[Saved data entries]
*****

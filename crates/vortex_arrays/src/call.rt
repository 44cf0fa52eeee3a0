//! Calls over arrays.
ghost use Rattle.std.specs.Prelude.{◌≡◌};
ghost use Rattle.vortex_arrays.specs.Words.{AnswersCall, AnswersCallOfRows};
ghost use Rattle.vortex_arrays.specs.Words.{function_of, other_rows};

use std::alloc::Global;
use std::marker::Model;
use vortex_columns::{VortexError, VortexResult};
use vortex_functions::{ArrayRef, ScalarFnRef};
use vortex_interface::ScalarFnVTable;

/// An array that is a call.
#[derive(Drop)]
pub struct ScalarFnArray<C: ScalarFnVTable> {
    array: ArrayRef<C>,
}

impl<C: ScalarFnVTable> Model for ScalarFnArray<C> {
    ghost use Rattle.std.specs.Prelude.{ℕ, IsSome};
    ghost use Rattle.std.specs.Coded.{coded_ℕ, coded×};
    ghost use Rattle.vortex_interface.specs.Trees.{Tree, called};
    ghost use Rattle.vortex_interface.specs.TreeCodes.{coded_tree};

    ghost Value = { Tree C C.Options × ℕ };

    ghost coded = { coded× (coded_tree C.code C.Options.code) coded_ℕ };

    ghost view = { λ a. a.array };

    ghost invariant = { λ a. IsSome (called a.array.0) };
}

/// The row count of the first array that has not that many rows.
fn first_other_len<C: ScalarFnVTable>(children: &[ArrayRef<C>], len: usize) -> Option<usize>
    ensures { result ≡ other_rows len children.now }
{
    for child in children {
        if child.len() != len {
            return Some(child.len());
        }
    }
    None
}

impl<C: ScalarFnVTable> ScalarFnArray<C> {
    /// The call of a function on arrays, of the first one's row count.
    ///
    /// In order: E6 if the count of children does not fit its arity, or is zero; E2 if
    /// a child's row count is not the first one's, with `left` that of the first and `right` that
    /// of the first that differs; E3 if their types are not accepted.
    pub fn try_new(
        alloc: Global,
        function: ScalarFnRef<C>,
        children: Vec<ArrayRef<C>>,
    ) -> VortexResult<ScalarFnArray<C>>
        ensures { AnswersCall C.meaning (function_of function) children.items result }
    {
        let Some(first) = children.first() else {
            let arity = function.signature().arity;
            return Err(VortexError::ArityMismatch { arity, given: 0 });
        };
        let len = first.len();
        ScalarFnArray::try_new_with_len(alloc, function, children, len)
    }

    /// The call of a function on arrays of that many rows; there may be none.
    ///
    /// In order: E6 if the count of children does not fit its arity; E2 if a child has not
    /// `len` rows, with `left` that number and `right` the row count of the first that differs; E3
    /// if their types are not accepted.
    pub fn try_new_with_len(
        alloc: Global,
        function: ScalarFnRef<C>,
        children: Vec<ArrayRef<C>>,
        len: usize,
    ) -> VortexResult<ScalarFnArray<C>>
        ensures { AnswersCallOfRows C.meaning (function_of function) children.items len result }
    {
        let arity = function.signature().arity;
        let given = children.len();
        if !arity.matches(given) {
            return Err(VortexError::ArityMismatch { arity, given });
        }
        if let Some(right) = first_other_len(&children, len) {
            return Err(VortexError::LengthMismatch { left: len, right });
        }
        Ok(ScalarFnArray {
            array: ArrayRef::try_call(alloc, function, children, len)?,
        })
    }

    /// The call as an array.
    pub fn into_array(self) -> ArrayRef<C>
        ensures { result ≡ self }
    {
        let ScalarFnArray { array } = self;
        array
    }
}
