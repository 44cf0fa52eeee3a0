//! Arrays other than plain columns: calls over arrays, with those of the shipped functions; encoded
//! columns, their kernels, and the adaptors through which a call uses a kernel; the dictionary,
//! which stores each value once, and functions that run over its values instead of the rows.
#![tactic(auto)]

pub mod boolean;
pub mod call;
pub mod compare;
pub mod dictionary;
pub mod encoded;
pub mod functions;
pub mod laws;

pub use boolean::{BooleanExecuteAdaptor, BooleanKernel};
pub use call::ScalarFnArray;
pub use compare::{CompareExecuteAdaptor, CompareKernel};
pub use dictionary::DictColumn;
pub use encoded::EncodedColumn;
pub use functions::{BetweenCall, BinaryCall, LikeCall, NullTestCall, UnaryCall};
pub use vortex_functions::ArrayRef;
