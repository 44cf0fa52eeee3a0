//! Dictionaries: what they stand for, their kernels, and functions over their values, a caller's
//! among them.

use crate::encoded::{Answer, held, says};
use crate::questions::{must, sure};
use caller_functions::must_be_true::MustBeTrue;
use fixtures::{Ask, Made, constant, integer, kept, reads, same};
use std::alloc::Global;
use vortex_arrays::{BooleanKernel, CompareKernel, DictColumn, EncodedColumn};
use vortex_columns::{
    Column, DType, ExecutionCtx, Nullability, PType, Scalar, VortexError, VortexResult,
};
use vortex_functions::{
    Binary, EmptyOptions, NoCustom, ScalarFnRef, ScalarFnVTable, ScalarFnVTableExt,
};
use vortex_kernels::{CompareOperator, Operator};

const YES: Option<bool> = Some(true);

const NO: Option<bool> = Some(false);

/// A dictionary on the heap, or why it could not be made.
type Dict = VortexResult<Box<DictColumn>>;

/// What a function makes of a dictionary, on the heap.
type Pushed = VortexResult<Option<Box<DictColumn>>>;

/// A dictionary of these values.
fn dictionary(alloc: Global, values: Made, codes: &[u32]) -> Dict {
    let codes = codes.to_vec(alloc)?;
    let values = Box::into_inner(values?);
    Ok(Box::new(alloc, DictColumn::try_new(values, codes)?)?)
}

/// The u8 1, null and 3 under the codes 2 0 1 2, shared.
fn three_one_null_three(alloc: Global) -> Dict {
    let values = kept(alloc, Column::of_ints(alloc, &[Some(1u8), None, Some(3)]));
    let dictionary = Box::into_inner(dictionary(alloc, values, &[2, 0, 1, 2])?);
    Ok(Box::new(alloc, dictionary.share(alloc)?)?)
}

/// Truth values under codes.
fn truths(alloc: Global, values: &[Option<bool>], codes: &[u32]) -> Dict {
    dictionary(alloc, kept(alloc, Column::of_bools(alloc, values)), codes)
}

/// The kernel's Lt with another column.
fn compared(alloc: Global, dictionary: Dict, other: Made) -> Answer {
    let (dictionary, other) = (dictionary?, other?);
    if dictionary.len() != other.len() || !dictionary.dtype().eq_ignore_nullability(other.dtype()) {
        return Err(VortexError::InvalidColumn);
    }
    let ctx = &mut ExecutionCtx::new(alloc);
    held(alloc, dictionary.compare(&*other, CompareOperator::Lt, ctx))
}

/// The kernel's And of a dictionary of Bool with a column of as many rows.
fn combined(alloc: Global, dictionary: Dict, other: Made) -> Answer {
    let (dictionary, other) = (dictionary?, other?);
    if dictionary.len() != other.len()
        || !dictionary.dtype().is_boolean()
        || !other.dtype().is_boolean()
    {
        return Err(VortexError::InvalidColumn);
    }
    let ctx = &mut ExecutionCtx::new(alloc);
    held(alloc, dictionary.boolean(&*other, Operator::And, ctx))
}

/// A null of Bool in each of four rows.
fn nulls(alloc: Global) -> Made {
    let scalar = Scalar::null(DType::Bool(Nullability::Nullable));
    kept(alloc, Column::constant(alloc, scalar, 4))
}

#[test]
fn the_kernels_answer_beside_constants(rt: HostRuntime) {
    let alloc = rt.alloc();
    let truths = truths(alloc, &[YES, None, NO], &[0, 2, 1, 0]);
    let and = combined(alloc, truths, nulls(alloc));
    sure(&rt, says(rt, and, "bool?: null false null null"));
    let twos = constant(alloc, PType::U8, 2, 4);
    let less = compared(alloc, three_one_null_three(alloc), twos);
    sure(&rt, says(rt, less, "bool?: false true null false"));
}

/// The function of a dictionary that stands in that place among the others.
fn pushed<C: ScalarFnVTable>(
    alloc: Global,
    dictionary: Dict,
    function: ScalarFnRef<C>,
    child_idx: usize,
    others: &[Scalar],
) -> Pushed {
    let dictionary = dictionary?;
    if child_idx > others.len() {
        return Err(VortexError::InvalidColumn);
    }
    let ctx = &mut ExecutionCtx::new(alloc);
    match dictionary.push_down(&function, child_idx, others, ctx)? {
        Some(answer) => Ok(Some(Box::new(alloc, answer)?)),
        None => Ok(None),
    }
}

/// What was made, as a dictionary to go on with.
fn made(pushed: Pushed) -> Dict {
    match pushed? {
        Some(dictionary) => Ok(dictionary),
        None => Err(VortexError::InvalidColumn),
    }
}

/// Whether a function of a dictionary has these codes, and stands for rows of that text.
fn stands_for(
    rt: HostRuntime,
    answer: Pushed,
    codes: &[u32],
    expected: &str,
) -> VortexResult<bool> {
    let alloc = rt.alloc();
    let dictionary = made(answer)?;
    let rows = kept(alloc, dictionary.decode(&mut ExecutionCtx::new(alloc)));
    Ok(same(rt, dictionary.codes(), codes) && reads(rt, rows, expected)?)
}

/// Gt of the dictionary and 2.
fn greater(alloc: Global) -> Pushed {
    let two = [integer(PType::U8, 2)?];
    let gt = Binary.bind::<NoCustom>(Operator::Gt);
    pushed(alloc, three_one_null_three(alloc), gt, 0, &two)
}

#[test]
fn the_values_are_compared_and_the_codes_stay(rt: HostRuntime) {
    let alloc = rt.alloc();
    let expected = "bool?: true false null true";
    sure(&rt, stands_for(rt, greater(alloc), &[2, 0, 1, 2], expected));
}

/// A caller's function over a dictionary of Bool, which faults at false.
fn must_be_true(alloc: Global, values: &[Option<bool>], codes: &[u32]) -> Pushed {
    let function = ScalarFnRef::custom(MustBeTrue, EmptyOptions);
    pushed(alloc, truths(alloc, values, codes), function, 0, &[])
}

#[test]
fn a_callers_fallible_function(rt: HostRuntime) {
    let alloc = rt.alloc();
    let all = must_be_true(alloc, &[None, YES], &[1, 0, 1]);
    let expected = "bool?: true null true";
    sure(&rt, stands_for(rt, all, &[1, 0, 1], expected));
    let fault = must_be_true(alloc, &[YES, NO], &[1, 0, 1]);
    must(&rt, rt.is_refused(fault, "Custom"));
}
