//! And and Or of an encoded column and another one.
ghost use Rattle.std.specs.Prelude.{◌≡◌, ◌<◌, ℕ, Bool, false, length, true, MatchOption};
ghost use Rattle.vortex_arrays.specs.Words.{AnswersUnlessMemory, AnswersBoolean, ColumnView};
ghost use Rattle.vortex_arrays.specs.Words.{GivesWhere, HasBooleanRows, HasRowsAs, InOrder};
ghost use Rattle.vortex_arrays.specs.Words.{IsConstantOf, Operator, allows_null, are_bools};
ghost use Rattle.vortex_arrays.specs.Words.{boolean_answers, is_bool_type, is_boolean};
ghost use Rattle.vortex_arrays.specs.Words.{is_nullable, is_value_constant, truth};

use crate::encoded::EncodedColumn;
use vortex_columns::{Column, ExecutionCtx, Nullability, Scalar, VortexResult};
use vortex_kernels::{Operator, execute_cast};

/// An encoded column that may compute And and Or with another column without being decoded.
pub trait BooleanKernel: EncodedColumn {
    /// Whether it can compute that operator with that column. Specified only by the kernel's own
    /// contract.
    ghost answers_boolean: { Self → ColumnView → Operator → Bool };

    /// The operator over its rows, on the left, and those of `rhs`, as `execute_boolean` returns it
    /// over the decoded column, exactly if `answers_boolean`, else None. E9 where an allocation
    /// fails.
    ///
    /// Any operator may be passed; for And and Or both columns are of Bool.
    fn boolean(
        &self,
        rhs: &Column,
        operator: Operator,
        ctx: &mut ExecutionCtx,
    ) -> VortexResult<Option<Column>>
        requires bools { is_boolean operator ≡ true
            → are_bools (Self.column self.now) rhs.now ≡ true }
        requires lengths { length (Self.column self.now).rows ≡ length rhs.now.rows }
        ensures { AnswersUnlessMemory result
            (GivesWhere (answers_boolean self.now rhs.now operator)
            (AnswersBoolean operator (Self.column self.now) rhs.now)) };
}

/// The truth value of a constant column of Bool that is not null.
fn constant_truth(column: &Column) -> Option<bool>
    requires { is_bool_type column.now.dtype ≡ true }
    ensures { MatchOption result (is_value_constant column.now ≡ false)
        (λ value. (is_value_constant column.now ≡ true) × IsConstantOf (truth value) column.now) }
{
    let scalar = column.as_constant()?;
    // so that its value is known to have its type
    let _ = scalar.dtype();
    scalar.as_bool_opt()
}

/// The rows of a column of Bool, nullable or not.
fn with_nullability(
    column: Column,
    nullability: Nullability,
    ctx: &mut ExecutionCtx,
) -> VortexResult<Column>
    requires bool { is_bool_type column.dtype ≡ true }
    requires nulls { is_nullable column.dtype ≡ true → allows_null nullability ≡ true }
    ensures { AnswersUnlessMemory result (HasRowsAs (allows_null nullability) column) }
{
    if column.dtype().is_nullable() == nullability.is_nullable() {
        Ok(column)
    } else {
        execute_cast(&column, ctx)
    }
}

/// And or Or of an encoded column and one truth value in each row. If that decides, nothing is
/// decoded.
fn beside_truth<V: EncodedColumn>(
    array: &V,
    operator: Operator,
    other: &Column,
    value: bool,
    ctx: &mut ExecutionCtx,
) -> VortexResult<Column>
    requires operator { is_boolean operator ≡ true }
    requires bools { are_bools (V.column array.now) other.now ≡ true }
    requires lengths { length (V.column array.now).rows ≡ length other.now.rows }
    requires constant { IsConstantOf (truth value) other.now }
    ensures { AnswersUnlessMemory result (HasBooleanRows operator (V.column array.now) other.now) }
{
    let nullability = array.dtype().nullability() | other.dtype().nullability();
    if operator.is_decided_by(value) {
        let scalar = Scalar::bool(value, nullability);
        return Column::constant(ctx.alloc(), scalar, array.len());
    }
    let decoded = array.decode(ctx)?;
    // so that its rows are known to have its type
    let _ = decoded.dtype();
    with_nullability(decoded, nullability, ctx)
}

/// Uses a `BooleanKernel` if an encoded column is a child of a call.
#[derive(Debug, Default, Drop)]
pub struct BooleanExecuteAdaptor<V>(pub V);

impl<V: BooleanKernel> BooleanExecuteAdaptor<V> {
    /// The call of And or Or whose child of that index is the encoded column and whose other child
    /// is `other`, as `execute_boolean` returns it over the decoded column.
    ///
    /// None for any other operator and for an index above 1. For a constant that is not null the
    /// kernel is not used, and if that decides nothing is decoded; for any other column, and a null
    /// constant, the kernel is used. E9 where an allocation fails.
    pub fn execute_parent(
        &self,
        array: &V,
        op: Operator,
        other: &Column,
        child_idx: usize,
        ctx: &mut ExecutionCtx,
    ) -> VortexResult<Option<Column>>
        requires bools { is_boolean op ≡ true → are_bools (V.column array.now) other.now ≡ true }
        requires lengths { length (V.column array.now).rows ≡ length other.now.rows }
        ensures { AnswersUnlessMemory result
            (GivesWhere (boolean_answers (V.answers_boolean array.now) op other.now child_idx)
            (InOrder child_idx (AnswersBoolean op) (V.column array.now) other.now)) }
    {
        if !op.is_boolean() || child_idx > 1 {
            return Ok(None);
        }
        match constant_truth(other) {
            Some(value) => Ok(Some(beside_truth(array, op, other, value, ctx)?)),
            None => array.boolean(other, op, ctx),
        }
    }
}
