//! Comparisons of an encoded column and another one.
ghost use Rattle.std.specs.Prelude.{◌≡◌, Bool, IsTrue, is_some, length, true};
ghost use Rattle.vortex_arrays.specs.Words.{AnswersCompare, AnswersComparison, ColumnView};
ghost use Rattle.vortex_arrays.specs.Words.{AnswersUnlessMemory, CompareOperator, GivesWhere};
ghost use Rattle.vortex_arrays.specs.Words.{HasComparisonRows, IsConstantOf, alike_types};
ghost use Rattle.vortex_arrays.specs.Words.{are_accepted, asked, compare_answers};
ghost use Rattle.vortex_arrays.specs.Words.{compare_operator_of};
ghost use Rattle.vortex_arrays.specs.Words.{is_null_constant, is_settled_beside, null};

use crate::encoded::EncodedColumn;
use vortex_columns::{Column, DType, ExecutionCtx, Scalar, VortexResult};
use vortex_kernels::{CompareOperator, Operator};

/// An encoded column that may compute comparisons with another column without being decoded.
pub trait CompareKernel: EncodedColumn {
    /// Whether it can compute that comparison with that column. Specified only by the kernel's own
    /// contract.
    ghost answers_compare: { Self → ColumnView → CompareOperator → Bool };

    /// The comparison of its rows, on the left, with those of `rhs`, as `execute_compare` returns
    /// it over the decoded column, exactly if `answers_compare`, else None. E9 where an allocation
    /// fails.
    fn compare(
        &self,
        rhs: &Column,
        operator: CompareOperator,
        ctx: &mut ExecutionCtx,
    ) -> VortexResult<Option<Column>>
        requires alike { alike_types (Self.column self.now).dtype rhs.now.dtype ≡ true }
        requires lengths { length (Self.column self.now).rows ≡ length rhs.now.rows }
        ensures { AnswersUnlessMemory result
            (GivesWhere (answers_compare self.now rhs.now operator)
            (AnswersCompare operator (Self.column self.now) rhs.now)) };
}

/// Whether the column is a constant null, also over no rows.
fn is_null_constant(column: &Column) -> bool
    ensures says { result ≡ is_null_constant column.now }
    ensures nulls { IsTrue result → IsConstantOf null column.now }
{
    match column.as_constant() {
        Some(scalar) => scalar.is_null(),
        None => false,
    }
}

/// The result of any comparison that is decided without the encoded column's rows: there are none,
/// or the other side is a null constant.
fn settled<V: EncodedColumn>(
    array: &V,
    other: &Column,
    ctx: &mut ExecutionCtx,
) -> VortexResult<Option<Column>>
    requires { length (V.column array.now).rows ≡ length other.now.rows }
    ensures { AnswersUnlessMemory result
        (GivesWhere (is_settled_beside other.now) (λ c. (op : CompareOperator)
        → HasComparisonRows op (V.column array.now) other.now c)) }
{
    let nullability = array.dtype().nullability() | other.dtype().nullability();
    if other.len() == 0 {
        let scalar = Scalar::bool(false, nullability);
        return Ok(Some(Column::constant(ctx.alloc(), scalar, 0)?));
    }
    if is_null_constant(other) {
        let scalar = Scalar::null(DType::Bool(nullability));
        return Ok(Some(Column::constant(ctx.alloc(), scalar, other.len())?));
    }
    Ok(None)
}

/// The comparison for the kernel, whose column is on the left.
fn asked(operator: CompareOperator, child_idx: usize) -> CompareOperator
    ensures { result ≡ asked child_idx operator }
{
    if child_idx == 0 {
        operator
    } else {
        operator.swap()
    }
}

/// Uses a `CompareKernel` if an encoded column is a child of a call.
#[derive(Debug, Default, Drop)]
pub struct CompareExecuteAdaptor<V>(pub V);

impl<V: CompareKernel> CompareExecuteAdaptor<V> {
    /// The comparison whose child of that index is the encoded column and whose other child is
    /// `other`, as `execute_compare` returns it over the decoded column.
    ///
    /// None for any other operator and for an index above 1. Over no rows, and for a null constant,
    /// the kernel is not used, whatever the types; else it is, with the swapped comparison if the
    /// encoded column is on the right. E9 where an allocation fails.
    pub fn execute_parent(
        &self,
        array: &V,
        op: Operator,
        other: &Column,
        child_idx: usize,
        ctx: &mut ExecutionCtx,
    ) -> VortexResult<Option<Column>>
        requires accepted { is_some (compare_operator_of op) ≡ true
            → are_accepted (V.column array.now) other.now ≡ true }
        requires lengths { length (V.column array.now).rows ≡ length other.now.rows }
        ensures { AnswersUnlessMemory result
            (GivesWhere (compare_answers (V.answers_compare array.now) op other.now child_idx)
            (AnswersComparison op child_idx (V.column array.now) other.now)) }
    {
        let Some(operator) = op.to_compare_operator() else {
            return Ok(None);
        };
        if child_idx > 1 {
            return Ok(None);
        }
        if let Some(column) = settled(array, other, ctx)? {
            return Ok(Some(column));
        }
        array.compare(other, asked(operator, child_idx), ctx)
    }
}
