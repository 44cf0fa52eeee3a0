//! What the adaptors settle, and what they ask the kernels of a run-length column.

use crate::encoded::{Answer, held, says};
use crate::questions::sure;
use caller_functions::run_length::RunLength;
use fixtures::{Made, bools, kept};
use std::alloc::Global;
use vortex_arrays::{BooleanExecuteAdaptor, CompareExecuteAdaptor, EncodedColumn};
use vortex_columns::{Column, ExecutionCtx, Nullability, Scalar, VortexError, VortexResult};
use vortex_kernels::Operator;

/// A run-length column on the heap.
type Runs = VortexResult<Box<RunLength>>;

/// The rows false false true false.
fn runs(alloc: Global) -> Runs {
    let starts = Vec::from_array(alloc, [2, 3])?;
    let values = bools(alloc, &[false, true, false])?;
    Ok(Box::new(alloc, RunLength::try_new(values, starts, 4)?)?)
}

/// A truth value in each of four rows.
fn constant(alloc: Global, value: bool, nullability: Nullability) -> Made {
    let scalar = Scalar::bool(value, nullability);
    kept(alloc, Column::constant(alloc, scalar, 4))
}

/// A column of Bool that is less than the runs, by the compare adaptor.
fn is_below(alloc: Global, array: Box<RunLength>, other: &Column) -> Answer {
    if array.len() != other.len() || !array.dtype().eq_ignore_nullability(other.dtype()) {
        return Err(VortexError::InvalidColumn);
    }
    let adaptor = CompareExecuteAdaptor(Box::into_inner(array));
    let ctx = &mut ExecutionCtx::new(alloc);
    let answer = adaptor.execute_parent(&adaptor.0, Operator::Lt, other, 1, ctx);
    held(alloc, answer)
}

/// The same of columns that were made.
fn below(alloc: Global, array: Runs, other: Made) -> Answer {
    let (array, other) = (array?, other?);
    is_below(alloc, array, &*other)
}

#[test]
fn a_kernel_is_asked_with_the_swapped_comparison(rt: HostRuntime) {
    let alloc = rt.alloc();
    let other = constant(alloc, false, Nullability::NonNullable);
    let below = below(alloc, runs(alloc), other);
    sure(&rt, says(rt, below, "bool: false false true false"));
}

/// And of the runs and a column of Bool, by the boolean adaptor.
fn and_beside(alloc: Global, array: Box<RunLength>, other: &Column) -> Answer {
    if array.len() != other.len() || !array.dtype().is_boolean() || !other.dtype().is_boolean() {
        return Err(VortexError::InvalidColumn);
    }
    let adaptor = BooleanExecuteAdaptor(Box::into_inner(array));
    let ctx = &mut ExecutionCtx::new(alloc);
    let answer = adaptor.execute_parent(&adaptor.0, Operator::And, other, 1, ctx);
    held(alloc, answer)
}

/// The same of columns that were made.
fn both(alloc: Global, array: Runs, other: Made) -> Answer {
    let (array, other) = (array?, other?);
    and_beside(alloc, array, &*other)
}

#[test]
fn a_constant_beside_and_is_settled(rt: HostRuntime) {
    let alloc = rt.alloc();
    // the kernel answers beside null constants alone
    let other = constant(alloc, true, Nullability::Nullable);
    let both = both(alloc, runs(alloc), other);
    sure(&rt, says(rt, both, "bool?: false false true false"));
}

*****

§ **Activity**:
Scan the entries above for the line containing "(GivesWhere (is_settled_beside other.now)", and copy it and all lines after it exactly, down to and including the line containing "impl<V: CompareKernel> CompareExecuteAdaptor<V>".

§ **Output**:
        (GivesWhere (is_settled_beside other.now) (λ c. (op : CompareOperator)
        → HasComparisonRows op (V.column array.now) other.now c)) }
{
    let nullability = array.dtype().nullability() | other.dtype().nullability();
    if other.len() == 0 {
        let scalar = Scalar::bool(false, nullability);
        return Ok(Some(Column::constant(ctx.alloc(), scalar, 0)?));
    }
    if is_null_constant(other) {
        let scalar = Scalar::null(DType::Bool(nullability));
        return Ok(Some(Column::constant(ctx.alloc(), scalar, other.len())?));
    }
    Ok(None)
}

/// The comparison for the kernel, whose column is on the left.
fn asked(operator: CompareOperator, child_idx: usize) -> CompareOperator
    ensures { result ≡ asked child_idx operator }
{
    if child_idx == 0 {
        operator
    } else {
        operator.swap()
    }
}

/// Uses a `CompareKernel` if an encoded column is a child of a call.
#[derive(Debug, Default, Drop)]
pub struct CompareExecuteAdaptor<V>(pub V);

impl<V: CompareKernel> CompareExecuteAdaptor<V> {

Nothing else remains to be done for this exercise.